In today’s gospel, Jesus tells several short parables.  Two of them have a particular connection with today’s Old Testament reading: the closely-related parables of the treasure in the field and the pearl of great price.  In both stories, someone is described not merely working for fourteen years, but selling everything that they have, to secure the object of their desire.  Jesus here is throwing down the gauntlet to His disciples, and of course to us too: do we recognise the value of what is offered to us?  Are we willing to make sacrifices for His sake?  Are we willing as it were to stake everything on this one card?

But like so many of Jesus’ parables, these Parables of the Kingdom can be read in more than one way.  The more obvious reading is the one I just described: to understand them as an exhortation to recognise the unsurpassed value of what is offered to us in Jesus Christ, and to be willing to sacrifice everything for the sake of that offer.  Another way of reading it – and these two ways are not mutually-exclusive – is to see the protagonists in these parables not as ourselves, but rather as God.  God loves each one of us so much that in Jesus He gives everything for our sake: emptying Himself, He takes the form of a slave, becoming obedient to death, even death on a Cross.  You are His treasure, you are His pearl of great price, you have been bought at the cost of everything He had to give.

I suppose most of us will find it easy to identify with Leah in one way or another.  No doubt we’ve all experienced that sense of being unwanted, that sense of humiliation, of being second best, the one who as it were is just there to make up the numbers.  It may have been in those painful rejections of the school playground; it may have been in the many and various humiliations that can come our way in adulthood.

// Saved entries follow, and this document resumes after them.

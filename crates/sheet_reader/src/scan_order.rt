//! The order in which a sheet's patterns are scanned.
ghost use Rattle.std.specs.Prelude.{◌≡◌, ◌+◌, ◌≤◌, [], ◌∷◌, ◌++◌, length, All, IfOk, OnOk};
ghost use Rattle.lr_base.specs.declared.limits.TheConstants.{TOKENS};
ghost use Rattle.sheet_theory.specs.Names.{declared_names};
ghost use Rattle.sheet_theory.specs.ScanOrder.{ranked_literal, declared_literals, unnamed_literals, declared_patterns};
ghost use Rattle.sheet_reader.specs.WellFormed.{IsLiteralText, IsOrdinaryDecl};
ghost use Rattle.sheet_reader.specs.Ranking.{Ranks};

use crate::copies::copy_pattern;
use lr_base::{NoMemory, TokenId};
use pattern_data::{Meaning, Pattern, PatternFault};
use sheet_data::{Bytes, Decl};
use std::alloc::Global;

/// Patterns in order of rank, each with what its string is.
pub type Ranking = Vec<(Pattern, Meaning)>;

/// Patterns in order of rank, and what the string of each is.
#[derive(Debug, Drop)]
pub struct ScanOrder {
    pub patterns: Vec<Pattern>,
    pub means: Vec<Meaning>,
}

impl ScanOrder {
    /// The patterns and the meanings of a ranking, each for themselves.
    pub(crate) fn of_ranking(alloc: Global, ranking: Ranking) -> Result<ScanOrder, NoMemory>
        ensures { IfOk result (λ order. Ranks order ranking.items) }
    {
        let mut patterns = Vec::with_capacity(alloc, ranking.len())?;
        let mut means = Vec::with_capacity(alloc, ranking.len())?;
        for (pattern, meaning) in ranking {
            patterns.push(pattern)?;
            means.push(meaning)?;
        }
        Ok(ScanOrder { patterns, means })
    }
}

/// Ranks the literal of a token behind the others.
fn push_literal(
    ranking: &mut Ranking,
    alloc: Global,
    token: u32,
    bytes: &[u8],
) -> Result<(), NoMemory>
    requires { IsLiteralText bytes.now }
    ensures { OnOk result (ranking.new.items ≡ ranking.old.items ++ ranked_literal token bytes.now ∷ []) }
{
    let pattern = match Pattern::literal(alloc, bytes) {
        Ok(pattern) => pattern,
        Err(PatternFault::NoMemory) => return Err(NoMemory),
        Err(PatternFault::Syntax | PatternFault::MatchesEmpty) => unreachable!(),
    };
    ranking.push((pattern, Meaning::Token(TokenId(token))))?;
    Ok(())
}

/// The number of the next declared token, behind a declaration where the next one has this number.
fn next_token(token: u32, decl: &Decl) -> u32
    requires { token + length (declared_names (decl.now ∷ [])) ≤ TOKENS }
    ensures { result ≡ token + length (declared_names (decl.now ∷ [])) }
{
    match decl {
        Decl::Literal { .. } | Decl::Matched { .. } => token + 1,
        Decl::Skip { .. } => token,
    }
}

/// Ranks the literal of a declaration, which declares the token of this number, behind the others.
fn rank_literal(
    ranking: &mut Ranking,
    alloc: Global,
    token: u32,
    decl: &Decl,
) -> Result<(), NoMemory>
    requires { IsOrdinaryDecl decl.now }
    ensures { OnOk result (ranking.new.items ≡ ranking.old.items ++ declared_literals token (decl.now ∷ [])) }
{
    match decl {
        Decl::Literal { bytes, .. } => push_literal(ranking, alloc, token, bytes.as_slice()),
        Decl::Matched { .. } | Decl::Skip { .. } => Ok(()),
    }
}

/// Ranks the declared literals behind the others.
pub fn rank_literals(ranking: &mut Ranking, alloc: Global, decls: &[Decl]) -> Result<(), NoMemory>
    requires each { All IsOrdinaryDecl decls.now }
    requires few { length (declared_names decls.now) ≤ TOKENS }
    ensures { OnOk result (ranking.new.items ≡ ranking.old.items ++ declared_literals 0 decls.now) }
{
    let mut token = 0;
    for decl in decls {
        rank_literal(ranking, alloc, token, decl)?;
        token = next_token(token, decl);
    }
    Ok(())
}

/// Ranks literals without a name behind the others; the first of them is the token of this number.
pub fn rank_unnamed(
    ranking: &mut Ranking,
    alloc: Global,
    first: u32,
    literals: &[Bytes],
) -> Result<(), NoMemory>
    requires each { All IsLiteralText literals.now }
    requires few { first + length literals.now ≤ TOKENS }
    ensures { OnOk result (ranking.new.items ≡ ranking.old.items ++ unnamed_literals first literals.now) }
{
    let mut token = first;
    for bytes in literals {
        push_literal(ranking, alloc, token, bytes.as_slice())?;
        token += 1;
    }
    Ok(())
}

/// Ranks the pattern of a declaration behind the others; the next declared token has this number.
fn rank_pattern(
    ranking: &mut Ranking,
    alloc: Global,
    token: u32,
    decl: &Decl,
) -> Result<(), NoMemory>
    ensures { OnOk result (ranking.new.items ≡ ranking.old.items ++ declared_patterns token (decl.now ∷ [])) }
{
    match decl {
        Decl::Literal { .. } => Ok(()),
        Decl::Matched { pattern, .. } => {
            let copy = copy_pattern(alloc, pattern)?;
            ranking.push((copy, Meaning::Token(TokenId(token))))?;
            Ok(())
        }
        Decl::Skip { pattern } => {
            let copy = copy_pattern(alloc, pattern)?;
            ranking.push((copy, Meaning::Skip))?;
            Ok(())
        }
    }
}

/// Ranks the declared patterns, skips among them, behind the others.
pub fn rank_patterns(ranking: &mut Ranking, alloc: Global, decls: &[Decl]) -> Result<(), NoMemory>
    requires { length (declared_names decls.now) ≤ TOKENS }
    ensures { OnOk result (ranking.new.items ≡ ranking.old.items ++ declared_patterns 0 decls.now) }
{
    let mut token = 0;
    for decl in decls {
        rank_pattern(ranking, alloc, token, decl)?;
        token = next_token(token, decl);
    }
    Ok(())
}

The parables of the treasure in the field and the pearl of great price help us in two ways.  The first is to say to us that the rejections and humiliations we experience are because we invest our resources in the wrong things.  Even the best that human love has to offer will at times let us down and hurt us.  And how often we expend our energies in pursuit of less noble aims than human love.  These parables tell us that we should invest our resources rather in God; that following the Lord Jesus places a call on our lives that surpasses every other claim, because the love of the Lord Jesus is a treasure beyond compare, a pearl of great price.

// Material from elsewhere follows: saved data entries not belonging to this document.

ghost use Rattle.cutting_theory.specs.Laws.{AtLaw, EvenLaw, SegmentTokensLaw};

/// Even bounds are a cutting.
pub fn even_law()
    ensures { EvenLaw }
{}

/// Segments that begin at listed lines are a cutting.
pub fn at_law()
    ensures { AtLaw }
{}

/// The tokens of the segments, one after another, are those of all the lines.
pub fn segment_tokens_law()
    ensures { SegmentTokensLaw }
{}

But turning the parables around the other way, there is another important lesson.  At those times when with Leah we feel rejected and humiliated, when we feel ourselves to be a disappointment to those around us, when we feel we are only there to make up the numbers, we can remind ourselves that in the Lord’s eyes we are precious.

For Him you are the treasure, you are the pearl, you have been bought at an incalculable price, He has emptied Himself and become obedient to death on the Cross out of love for you.

Rachel could measure out Jacob’s love for her in those fourteen years of labour; you can measure out Jesus’ love for you in His broken body and His blood outpoured and offered once for all upon the Cross, to whom with +Father and the Holy Spirit be all praise and glory now and into ages of ages.  Amen.